The second thing is that, by numerous reports, you are at the outer edge of Samba's current practical scale.  We greatly admire the large installations that run Samba at the very edge of its capabilities, but we also know from reports that things like this can and do come up for them.  

The good news is that you are not alone: as an example, in my work on very similar customer Samba bugs for my employer Catalyst, we have isolated performance issues in both our DRS client and server, as well as some inappropriate timeouts that could simply be extended.   

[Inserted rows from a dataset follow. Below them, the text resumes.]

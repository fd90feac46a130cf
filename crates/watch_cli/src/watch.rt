//! `watch`: both files are read, and then the updates are dealt with.
ghost use Rattle.std.specs.Prelude.{◌≡◌, ◌⊎◌, IsOk, Some, IfOk, OnOk, IfErr, IfSome};
ghost use Rattle.std.specs.Io.KnownBytes.{IsAtEnd};
ghost use Rattle.flux_outside.specs.Causes.{Rose};
ghost use Rattle.flux_outside.specs.Reads.{NoEmptyPut};
ghost use Rattle.flux_model.specs.Graph.{empty_graph};
ghost use Rattle.flux_model.specs.Limits.{IsFair};
ghost use Rattle.flux_model.specs.Verdict.{Watch, Done, accepted};
ghost use Rattle.watch_cli.specs.AskedByRun.{EndsAtReadFault, EndsAtFile, AskedByRun};
ghost use Rattle.watch_cli.specs.RunEnds.{RunEndsAs, RunEndsBefore, ReadFails, StatusWhere};
ghost use Rattle.watch_cli.specs.EarlyEnds.{IsEarly};
ghost use Rattle.watch_cli.specs.Kept.{IsSessionOf};
ghost use Rattle.watch_cli.specs.RunCosts.{RunStaysWithin};

use crate::status::{InputFile, Status};
use crate::updates::follow;
use file_reading::{read_patterns, read_store};
use flux_model::{Ledger, Limits, Steps};
use flux_outside::{Shelf, Sink, Source};
use graph_traits::{KeepGraph, ReadGraph};
use std::alloc::Global;
use watch_core::Session;

/// Reads the graph file into an empty store, and the pattern file, and then deals with the updates. It hands back the session.
pub fn watch_updates<F: Shelf, G: KeepGraph + ReadGraph<L>, S: Source, W: Sink, L: Ledger>(
    alloc: Global,
    limits: &Limits,
    graph_name: &str,
    patterns_name: &str,
    empty: G,
    shelf: &mut F,
    updates: &mut S,
    out: &mut W,
    steps: &mut Steps<L>,
) -> Result<Session<G>, Status>
    requires fair { IsFair limits.now }
    requires limits { G.limits empty ≡ limits.now }
    requires empty { G.graph empty ≡ empty_graph }
    ensures end { OnOk result (IsAtEnd (S.left updates.new)) }
    ensures kept { IfOk result (λ session. IsSessionOf limits.now (F.files shelf.old)
        (Some (Watch graph_name.now patterns_name.now)) (S.left updates.old) session) }
    ensures steps { OnOk result (RunStaysWithin limits.now (F.files shelf.old) (Some (Watch graph_name.now patterns_name.now))
        (S.left updates.old) steps.old steps.new) }
    ensures ok { OnOk result (RunEndsAs limits.now (F.files shelf.old) (Some (Watch graph_name.now patterns_name.now))
        (S.left updates.old) (W.taken out.old) (W.taken out.new) Done) }
    ensures front { RunEndsBefore limits.now (F.files shelf.old) (Some (Watch graph_name.now patterns_name.now))
        (S.left updates.old) (W.taken out.old) (W.taken out.new) }
    ensures status { IfErr result (StatusWhere
        (RunEndsAs limits.now (F.files shelf.old) (Some (Watch graph_name.now patterns_name.now))
        (S.left updates.old) (W.taken out.old) (W.taken out.new))
        (ReadFails limits.now (F.files shelf.old) (Some (Watch graph_name.now patterns_name.now))
        (F.faults shelf.old) (F.faults shelf.new) (S.faults updates.old) (S.faults updates.new)
        (S.left updates.old) (S.left updates.new) (W.taken out.old) (W.taken out.new))
        (Rose (W.faults out.old) (W.faults out.new))) }
    ensures early { IfErr result IsEarly }
    ensures asked { AskedByRun limits.now (F.files shelf.old) (Watch graph_name.now patterns_name.now) (EndsAtReadFault result)
        (F.reads shelf.old) (F.reads shelf.new) (S.reads updates.old) (S.reads updates.new) }
    ensures untouched { (updates.new ≡ updates.old) ⊎ (¬ EndsAtFile result
        × IfSome (F.files shelf.old) (λ m. IsOk (accepted limits.now m (Watch graph_name.now patterns_name.now)))) }
    ensures puts { NoEmptyPut (W.puts out.old) (W.puts out.new) }
{
    let graph = match read_store(alloc, limits, shelf, graph_name, empty) {
        Ok(graph) => graph,
        Err(stop) => return Err(Status::of(InputFile::Graph, stop)),
    };
    let patterns = match read_patterns(alloc, limits, shelf, patterns_name) {
        Ok(patterns) => patterns,
        Err(stop) => return Err(Status::of(InputFile::Patterns, stop)),
    };
    let Ok(mut session) = Session::start(alloc, graph, patterns, steps) else {
        return Err(Status::Memory);
    };
    follow(alloc, limits, &mut session, updates, out, steps)?;
    Ok(session)
}
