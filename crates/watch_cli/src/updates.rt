//! The updates, read piece by piece.
ghost use Rattle.std.specs.Prelude.{◌≡◌, ◌≤◌, ◌+◌, false, ⊤, OnOk, OnErr, IfErr};
ghost use Rattle.std.specs.Io.KnownBytes.{IsAtEnd};
ghost use Rattle.flux_outside.specs.Causes.{Rose};
ghost use Rattle.flux_outside.specs.Reads.{AskedOfInput, SourceReads, NoEmptyPut};
ghost use Rattle.flux_model.specs.Limits.{IsFair};
ghost use Rattle.flux_model.specs.Lines.{lines};
ghost use Rattle.flux_model.specs.Verdict.{Watched, Done, ending_with, written_before};
ghost use Rattle.file_reading.specs.AskedOfFile.{WentOn};
ghost use Rattle.watch_cli.specs.AskedByRun.{EndsAtReadFault, EndsAtFile};
ghost use Rattle.watch_cli.specs.RunEnds.{KnownOrSome, EndsAs, EndsBefore, EndsAtFault, StatusWhere};
ghost use Rattle.watch_cli.specs.Kept.{after_bytes};
ghost use Rattle.watch_cli.specs.EarlyEnds.{IsEarly};
ghost use Rattle.watch_cli.specs.RunCosts.{next_costs};
ghost use Rattle.watch_core.specs.Session.{first_state, said_by};
ghost use Rattle.watch_core.specs.SessionStates.{watched};

use crate::report::{report_end, report_waiting};
use crate::status::Status;
use file_reading::{ask_for, make_buffer};
use flux_model::{Ledger, Limits, Steps};
use flux_outside::{Sink, Source};
use graph_traits::{KeepGraph, ReadGraph};
use std::alloc::Global;
use stream_lines::Lines;
use watch_core::Session;

/// Takes every line of the updates, and puts its block before the next read, and at last the end line.
pub fn follow<G: KeepGraph + ReadGraph<L>, S: Source, W: Sink, L: Ledger>(
    alloc: Global,
    limits: &Limits,
    session: &mut Session<G>,
    updates: &mut S,
    out: &mut W,
    steps: &mut Steps<L>,
) -> Result<(), Status>
    requires fair { IsFair limits.now }
    requires whole { session.old.is_broken ≡ false }
    requires first { watched session.old ≡ first_state limits.now session.old.graph session.old.registry.patterns }
    ensures end { OnOk result (IsAtEnd (S.left updates.new)) }
    ensures after { OnOk result (KnownOrSome (S.left updates.old)
        (λ s. watched session.new ≡ after_bytes limits.now (watched session.old) s)) }
    ensures whole { OnOk result (session.new.is_broken ≡ false) }
    ensures steps { let costs = next_costs (watched session.old) session.old.registry.trees in
        OnOk result (KnownOrSome (S.left updates.old) (λ s. steps.new ≤ steps.old + costs (said_by (lines limits.now.line_bytes s)))) }
    ensures ok { OnOk result (EndsAs (S.left updates.old)
        (λ s. ending_with limits.now s (Watched session.old.graph session.old.registry.patterns))
        (W.taken out.old) (W.taken out.new) Done) }
    ensures front { OnErr result (EndsBefore (S.left updates.old)
        (λ s. ending_with limits.now s (Watched session.old.graph session.old.registry.patterns)) (W.taken out.old) (W.taken out.new)) }
    ensures status { IfErr result (StatusWhere
        (EndsAs (S.left updates.old)
        (λ s. ending_with limits.now s (Watched session.old.graph session.old.registry.patterns)) (W.taken out.old) (W.taken out.new))
        (Rose (S.faults updates.old) (S.faults updates.new) × EndsAtFault (S.left updates.old) (S.left updates.new)
        (written_before limits.now (Watched session.old.graph session.old.registry.patterns)) (W.taken out.old) (W.taken out.new))
        (Rose (W.faults out.old) (W.faults out.new))) }
    ensures early { IfErr result IsEarly }
    ensures asked { AskedOfInput limits.now.input_bytes (EndsAtReadFault result) (WentOn result) (λ _. ⊤)
        (SourceReads (S.reads updates.old) (S.reads updates.new)) }
    ensures no_file { ¬ EndsAtFile result }
    ensures puts { NoEmptyPut (W.puts out.old) (W.puts out.new) }
{
    let mut lines = Lines::new(alloc, limits.line_bytes);
    let mut report = Vec::new(alloc);
    let Ok(mut buffer) = make_buffer(alloc) else {
        return Err(Status::Memory);
    };
    let mut given = 0;
    loop {
        let room = limits.input_bytes - given;
        let window = &mut buffer[..ask_for(room)];
        let Ok(count) = updates.read(window) else {
            return Err(Status::ReadFault);
        };
        if count == 0 {
            break;
        }
        if count as u64 > room {
            return Err(Status::TooMuch);
        }
        given += count as u64;
        let Ok(()) = lines.push(&window[..count]) else {
            return Err(Status::Memory);
        };
        report_waiting(session, &mut lines, &mut report, out, steps)?;
    }
    report_end(session, lines.last(), &mut report, out, steps)
}
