//! The words of the command line.
ghost use Rattle.std.specs.Prelude.{◌≡◌, MatchOption, None, Some, if◌then◌else◌};
ghost use Rattle.std.specs.List.{list_all};
ghost use Rattle.flux_model.specs.Demo.{is_demo_number};
ghost use Rattle.flux_model.specs.Reading.{is_digit, digits_value};
ghost use Rattle.flux_model.specs.Verdict.{shape_of};
ghost use Rattle.watch_cli.specs.CommandWords.{seen_shape, texts};

/// What the words ask for, with the names of the files or the number.
#[derive(Clone, Copy)]
pub enum Shape<'a> {
    /// `watch GRAPH PATTERNS`: what each update changes.
    Watch { graph: &'a str, patterns: &'a str },
    /// `match GRAPH PATTERNS`: all embeddings.
    Match { graph: &'a str, patterns: &'a str },
    /// `save GRAPH`: the text of the graph.
    Save { graph: &'a str },
    /// `demo NUMBER`: the summary of a watch over the files of the number.
    Demo { number: u64 },
}

/// How many digits the number of a demonstration has at most.
const MOST_DIGITS: usize = 20;

/// The shape of the words, if they have one.
pub fn parse_shape(words: &[String]) -> Option<Shape<'_>>
    ensures { MatchOption result (shape_of (texts words.now) ≡ None) (λ shape. shape_of (texts words.now) ≡ Some (seen_shape shape)) }
{
    match words {
        [command, graph, patterns] if command.as_str() == "watch" => Some(Shape::Watch {
            graph: graph.as_str(),
            patterns: patterns.as_str(),
        }),
        [command, graph, patterns] if command.as_str() == "match" => Some(Shape::Match {
            graph: graph.as_str(),
            patterns: patterns.as_str(),
        }),
        [command, graph] if command.as_str() == "save" => Some(Shape::Save {
            graph: graph.as_str(),
        }),
        [command, number] if command.as_str() == "demo" => {
            let number = demo_number(number.as_str())?;
            Some(Shape::Demo { number })
        }
        _ => None,
    }
}

/// The number of a demonstration: 1 to 20 digits with a value below 2^64.
fn demo_number(word: &str) -> Option<u64>
    ensures { result ≡ (if is_demo_number word.now then Some (digits_value word.now) else None) }
{
    let digits = word.as_bytes();
    if digits.len() > MOST_DIGITS || !are_digits(digits) {
        return None;
    }
    word.parse().ok()
}

/// Whether each byte is a digit.
fn are_digits(bytes: &[u8]) -> bool
    ensures { result ≡ list_all is_digit bytes.now }
{
    bytes.iter().all(|byte| byte.is_ascii_digit())
}
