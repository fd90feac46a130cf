//! `demo`: the files of a number are made and watched, and the summary is put.
ghost use Rattle.std.specs.Prelude.{◌≡◌, List, ℕ, Option, Some, OnOk, IfErr};
ghost use Rattle.flux_outside.specs.Causes.{Rose};
ghost use Rattle.flux_outside.specs.Reads.{NoEmptyPut};
ghost use Rattle.flux_outside.specs.Told.{Files};
ghost use Rattle.flux_model.specs.Graph.{empty_graph};
ghost use Rattle.flux_model.specs.Limits.{standard};
ghost use Rattle.flux_model.specs.Verdict.{Demo, Done};
ghost use Rattle.flux_model.specs.declared.limits.Limits.{Limits};
ghost use Rattle.watch_cli.specs.AskedByRun.{EndsAtReadFault};
ghost use Rattle.watch_cli.specs.RunEnds.{RunEndsAs, RunEndsBefore};
ghost use Rattle.watch_cli.specs.EarlyEnds.{IsEarly, WriteEnds};

use crate::report::put_report;
use crate::status::Status;
use flux_demo::demonstrate;
use flux_model::{Ledger, Steps};
use flux_outside::Sink;
use graph_traits::{KeepGraph, ReadGraph};
use std::alloc::Global;

/// Makes the files of the number, watches the updates over them in an empty store, and puts the summary. It reads no file and no
/// updates, so it ends the same whatever the outside holds, and under the standard limits whatever the limits of the run are.
pub fn show_demo<G: KeepGraph + ReadGraph<L>, W: Sink, L: Ledger>(
    alloc: Global,
    number: u64,
    empty: G,
    out: &mut W,
    steps: &mut Steps<L>,
) -> Result<(), Status>
    requires limits { G.limits empty ≡ standard }
    requires empty { G.graph empty ≡ empty_graph }
    ensures ok { (limits : Limits) (files : Option Files) (left : Option (List ℕ)) → OnOk result (
        RunEndsAs limits files (Some (Demo number)) left (W.taken out.old) (W.taken out.new) Done) }
    ensures front { (limits : Limits) (files : Option Files) (left : Option (List ℕ)) →
        RunEndsBefore limits files (Some (Demo number)) left (W.taken out.old) (W.taken out.new) }
    ensures status { IfErr result (WriteEnds (W.faults out.old) (W.faults out.new)) }
    ensures early { IfErr result IsEarly }
    ensures no_read { ¬ EndsAtReadFault result }
    ensures puts { NoEmptyPut (W.puts out.old) (W.puts out.new) }
{
    let Ok(mut text) = demonstrate(alloc, number, empty, steps) else {
        return Err(Status::Memory);
    };
    put_report(&mut text, out)
}
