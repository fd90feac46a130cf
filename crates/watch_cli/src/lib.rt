//! The program's one call: from the words of the command line to the exit status.
//!
//! - `top`: `run`, the one call; `words`: the shapes of the command line; `status`: how a run ends.
//! - `watch`: the shape `watch GRAPH PATTERNS`; `updates`: its updates, read piece by piece; `report`: the blocks that are
//!   gathered and put.
//! - `answers`: the shape `match GRAPH PATTERNS`; `save`: the shape `save GRAPH`; `demo`: the shape `demo NUMBER`.
#![tactic(auto)]

mod answers;
mod demo;
mod report;
mod save;
mod status;
mod top;
mod updates;
mod watch;
mod words;

pub use status::Status;
pub use top::{Ended, Kept, run, tell};
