//! The statuses: the exit status of each, its line for standard error, and that of a file whose reading stopped.
ghost use Rattle.std.specs.Prelude.{◌≡◌, ◌+◌, ◌≤◌, length};
ghost use Rattle.std.specs.Fmt.{decimal};
ghost use Rattle.watch_cli.specs.Status.{refusal_text, status_text, status_number};
ghost use Rattle.watch_cli.specs.EarlyEnds.{status_of, IsEarly};

use arrayvec::ArrayString;
use file_reading::Stop;
use flux_model::{Bad, Code};

/// How a run ends.
#[derive(Clone, Copy, Debug, PartialEq, Eq)]
pub enum Status {
    /// Every input was read to its end, and all was written.
    Done,
    /// The words have none of the shapes of the command line.
    Usage,
    /// The graph file is refused first at this line, with this code.
    BadGraph { line: u64, code: Code },
    /// The pattern file is refused first at this line, with this code.
    BadPatterns { line: u64, code: Code },
    /// A file that the words name is not there.
    NoFile,
    /// A read failed.
    ReadFault,
    /// A write failed.
    WriteFault,
    /// Memory was refused.
    Memory,
    /// An input has more bytes than the limit.
    TooMuch,
}

/// The files that the words name.
#[derive(Clone, Copy)]
pub enum InputFile {
    Graph,
    Patterns,
}

impl Status {
    /// How a run ends where the reading of this file stopped.
    pub(crate) fn of(file: InputFile, stop: Stop) -> Status
        ensures status { result ≡ status_of file stop }
        ensures early { IsEarly result }
    {
        match stop {
            Stop::Memory => Status::Memory,
            Stop::Read => Status::ReadFault,
            Stop::NoFile => Status::NoFile,
            Stop::TooMuch => Status::TooMuch,
            Stop::Bad(Bad { line, code }) => match file {
                InputFile::Graph => Status::BadGraph { line, code },
                InputFile::Patterns => Status::BadPatterns { line, code },
            },
        }
    }

    /// The exit status of the program.
    pub fn number(self) -> u8
        ensures { result ≡ status_number self }
    {
        match self {
            Status::Done => 0,
            Status::NoFile => 1,
            Status::Usage => 2,
            Status::BadGraph { .. } => 3,
            Status::BadPatterns { .. } => 4,
            Status::ReadFault => 5,
            Status::WriteFault => 6,
            Status::Memory => 7,
            Status::TooMuch => 8,
        }
    }

    /// The line for standard error, which is empty for `Done`. It takes no memory.
    pub fn text(self) -> ArrayString<64>
        ensures { result.bytes ≡ status_text self }
    {
        match self {
            Status::Done => ArrayString::new(),
            Status::Usage => text_of("turboflux: unknown command or wrong arguments\n"),
            Status::BadGraph { line, code } => refusal("graph", line, code),
            Status::BadPatterns { line, code } => refusal("patterns", line, code),
            Status::NoFile => text_of("turboflux: no such file\n"),
            Status::ReadFault => text_of("turboflux: read fault\n"),
            Status::WriteFault => text_of("turboflux: write fault\n"),
            Status::Memory => text_of("turboflux: out of memory\n"),
            Status::TooMuch => text_of("turboflux: input too large\n"),
        }
    }
}

/// A short text, in place.
fn text_of(text: &str) -> ArrayString<64>
    requires { length text.now ≤ 64 }
    ensures { result.bytes ≡ text.now }
{
    let mut line = ArrayString::new();
    line.push_str(text);
    line
}

/// Where a file is refused, and why.
fn refusal(file: &str, line: u64, code: Code) -> ArrayString<64>
    requires { length file.now ≤ 8 }
    ensures { result.bytes ≡ refusal_text file.now line code }
{
    let mut digits = itoa::Buffer::new();
    let digits = digits.format(line);
    let mut text = text_of("turboflux: ");
    text.push_str(file);
    text.push_str(" line ");
    text.push_str(digits);
    text.push_str(": ");
    text.push_str(code.word());
    text.push_str("\n");
    text
}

The bad news is that while some small fixes are in git master, there is still much, much more to do.  I'm confident that it is practical to make Samba scale to the size you need, with the application of some appropriate development resource.

Finally, at your scale, particularly if this in in production, I would strongly suggest engaging a Samba commercial support provider to assist in isolating what exactly is happening on your network, and to propose the work required to fix it.

Thanks,

Andrew Bartlett
Comment 2 Andrew Bartlett 2016-07-29 02:33:24 UTC
Without further feedback, I'm going to say this is fixed in Samba 4.5rc1, as we addressed a large number of performance issues that will hurt domains of this size.  Those could certainly lock up a DC for long enough to cause this kind of behaviour.